A delightful twist on the classic chicken fried steak, offering a crispy coating and a rich, creamy gravy.
Prepare the steak by trimming any excess fat and pounding it to an even thickness of about 1/2 inch.
Pounding the steak ensures even cooking and tenderizes the meat.
In a bowl, mix the buttermilk and hot sauce together.
Let the steak soak in this mixture for added flavor.
In another bowl, combine the flour, paprika, garlic powder, salt, and black pepper.
Mix thoroughly to ensure even seasoning.
Dip each steak piece into the seasoned flour, then into the buttermilk mixture, and back into the seasoned flour for a double coating.
Double coating creates a thicker, crispier crust.
Heat oil in a frying pan to about 350°F (175°C).
Use a thermometer to ensure the oil is at the right temperature.

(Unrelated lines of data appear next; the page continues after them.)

//! What is kept of each name.

ghost use Rattle.std.specs.Prelude.{◌≡◌, ◌≤◌, ℕ, Bool, List, [], ◌∷◌, ◌++◌, false, length, Some, IfErr, IfOk, Ok, Err, OnOk};
ghost use Rattle.std.specs.BTreeMap.{get, IsOrdered};
ghost use Rattle.lpt_packet.specs.Sizes.{longest_packet};
ghost use Rattle.lpt_carried.specs.declared.name.Name.{Name};
ghost use Rattle.lpt_carried.specs.declared.reading.Reading.{Reading};
ghost use Rattle.lpt_carried.specs.declared.skip.Skip.{Skip};
ghost use Rattle.lpt_layout.specs.Parts.{piece};
ghost use Rattle.lpt_carried.specs.Carried.{name_of, part_carried, part_named, same_name};
ghost use Rattle.lpt_layout_each.specs.Eaches.{Course, step};
ghost use Rattle.lpt_layout_each.specs.Helds.{HoldsEach, IsHeld, StepsAt};
ghost use Rattle.lpt_layout_join.specs.Names.{name_cmp};
ghost use Rattle.lpt_layout_each.specs.Streams.{told_by, waiting_of};
ghost use Rattle.lpt_layout_each.specs.Told.{events_of};

use crate::course::CourseAs;
use crate::kept::KeptAs;
use crate::{NewsAs, WaitingAs};
use lpt_carried::{CarriedPart, Name, Reading};
use lpt_layout_join::Counts;
use lpt_text::StreamFault;
use std::alloc::{AllocError, Global};
use std::collections::BTreeMap;

/// What is kept of each name while the packets of a stream come. Of a name it takes as much memory
/// as four `CameAs`, and some 100 octets more; as two, the last message's and the next one's, while
/// parts come in their order and none of them is a part of the last message; and as one before the
/// first message, unless parts come in their order behind others.
#[derive(Drop)]
pub struct HeldsAs {
    pub(crate) kept: BTreeMap<Name, KeptAs>,
    pub(crate) counts: Counts,
}

impl HeldsAs {
    /// What is kept before anything came.
    pub fn new(alloc: Global) -> HeldsAs
        ensures { (r : Reading) (any : Bool) → HoldsEach r any [] result }
    {
        HeldsAs {
            kept: BTreeMap::new(alloc),
            counts: Counts::new(alloc),
        }
    }

    /// Takes the packet that comes next, at this place, which carries a part, and gives what it
    /// tells of its name. A message is given if it is a packet of the layout and the direction,
    /// or with `any` whatever it is. By a layout without a checksum it is given, but with `any`,
    /// only if its parts came in their order, and between each of them and the next fewer
    /// sequence counts of the APID are missing than the number of it. The only error is out of
    /// memory.
    pub fn take(
        self,
        alloc: Global,
        reading: &Reading,
        any: bool,
        place: u64,
        octets: &[u8],
        part: &CarriedPart<'_>,
    ) -> Result<(HeldsAs, Option<(Name, NewsAs)>), AllocError>
        requires number { 1 ≤ part.now.part.number }
        requires short { length part.now.part.octets.now ≤ longest_packet }
        ensures held { (bs : List (List ℕ)) → HoldsEach reading.now any bs self
            → part_carried reading.now octets.now ≡ Ok (part_named part.now)
            → IfOk result (λ r. HoldsEach reading.now any (bs ++ octets.now ∷ []) r.0) }
        ensures told { (bs : List (List ℕ)) → HoldsEach reading.now any bs self
            → part_carried reading.now octets.now ≡ Ok (part_named part.now)
            → IfOk result (λ r. events_of r.1
            ≡ told_by reading.now any bs octets.now (part_carried reading.now octets.now)) }
    {
        let name = part.name();
        let mut helds = self;
        helds.counts.take(reading, octets)?;
        let missing = helds.counts.missing();
        let news = helds.step(alloc, reading, any, missing, place, part)?;
        match news {
            None => Ok((helds, None)),
            Some(news) => Ok((helds, Some((name, news)))),
        }
    }

    /// Takes the packet that comes next, which carries no part.
    ///
    /// Errors: `Memory`.
    pub fn pass_over(self, reading: &Reading, octets: &[u8]) -> Result<HeldsAs, StreamFault>
        ensures held { (any : Bool) (bs : List (List ℕ)) (e : Skip)
            → HoldsEach reading.now any bs self → part_carried reading.now octets.now ≡ Err e
            → IfOk result (HoldsEach reading.now any (bs ++ octets.now ∷ [])) }
        ensures fault { IfErr result (λ e. e ≡ StreamFault.Memory) }
    {
        let mut helds = self;
        match helds.counts.take(reading, octets) {
            Ok(()) => Ok(helds),
            Err(_) => Err(StreamFault::Memory),
        }
    }

    /// What is left of a name: what `leave_as` tells of it, as two numbers.
    pub fn waiting(&self, name: Name) -> WaitingAs
        ensures { (r : Reading) (any : Bool) (bs : List (List ℕ)) → HoldsEach r any bs self.now
            → result ≡ waiting_of r any bs name }
    {
        match self.kept.get(&name) {
            Some(held) => held.waiting(),
            None => WaitingAs {
                count: 0,
                highest: 0,
            },
        }
    }

    // Takes a part of a name, up to which so many counts are missing, and gives what it tells of
    // it. The only error is out of memory.
    fn step(
        &mut self,
        alloc: Global,
        reading: &Reading,
        any: bool,
        missing: u64,
        place: u64,
        part: &CarriedPart<'_>,
    ) -> Result<Option<NewsAs>, AllocError>
        requires number { 1 ≤ part.now.part.number }
        requires short { length part.now.part.octets.now ≤ longest_packet }
        ensures steps { (c : Course)
            → IsHeld c (get name_cmp self.old.kept (name_of (part_named part.now)))
            → IfOk result (λ news. StepsAt (name_of (part_named part.now)) self.new.kept news
            (step reading.now any missing c (piece part.now.part))) }
        ensures others { OnOk result ((n : Name)
            → same_name (name_of (part_named part.now)) n ≡ false
            → get name_cmp self.new.kept n ≡ get name_cmp self.old.kept n) }
        ensures in_order { IsOrdered name_cmp self.new.kept }
        ensures counts { self.new.counts ≡ self.old.counts }
    {
        let name = part.name();
        match self.kept.get_mut(&name) {
            Some(kept) => kept.take(alloc, reading, any, missing, place, &part.part),
            None => {
                let mut course = CourseAs::behind(alloc, None);
                let news = course.take(alloc, reading, any, missing, place, &part.part)?;
                let kept = KeptAs::of(alloc, course)?;
                self.put(name, kept)?;
                Ok(news)
            }
        }
    }

    // Keeps this of a name. The only error is out of memory.
    fn put(&mut self, name: Name, kept: KeptAs) -> Result<(), AllocError>
        ensures kept { OnOk result (get name_cmp self.new.kept name ≡ Some kept) }
        ensures others { OnOk result ((n : Name) → same_name name n ≡ false
            → get name_cmp self.new.kept n ≡ get name_cmp self.old.kept n) }
        ensures in_order { IsOrdered name_cmp self.new.kept }
        ensures counts { self.new.counts ≡ self.old.counts }
    {
        self.kept.insert(name, kept)?;
        Ok(())
    }
}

Fry the coated steak pieces in the hot oil until golden brown, about 3-4 minutes per side.
Avoid overcrowding the pan to maintain the oil temperature.
Remove the fried steak and place it on paper towels to drain excess oil.
Pat gently to remove as much oil as possible.
To make the gravy, use the leftover oil in the pan, add the seasoned flour, and cook for 2-3 minutes.
Cooking the flour removes the raw taste.
Gradually add the milk to the pan, whisking constantly, and cook until thickened.
Whisking prevents lumps from forming.
Season the gravy with salt and pepper to taste.
Taste and adjust seasoning as needed.
Serve the fried steak topped with the creamy gravy.
Pair with mashed potatoes or a fresh salad for a complete meal.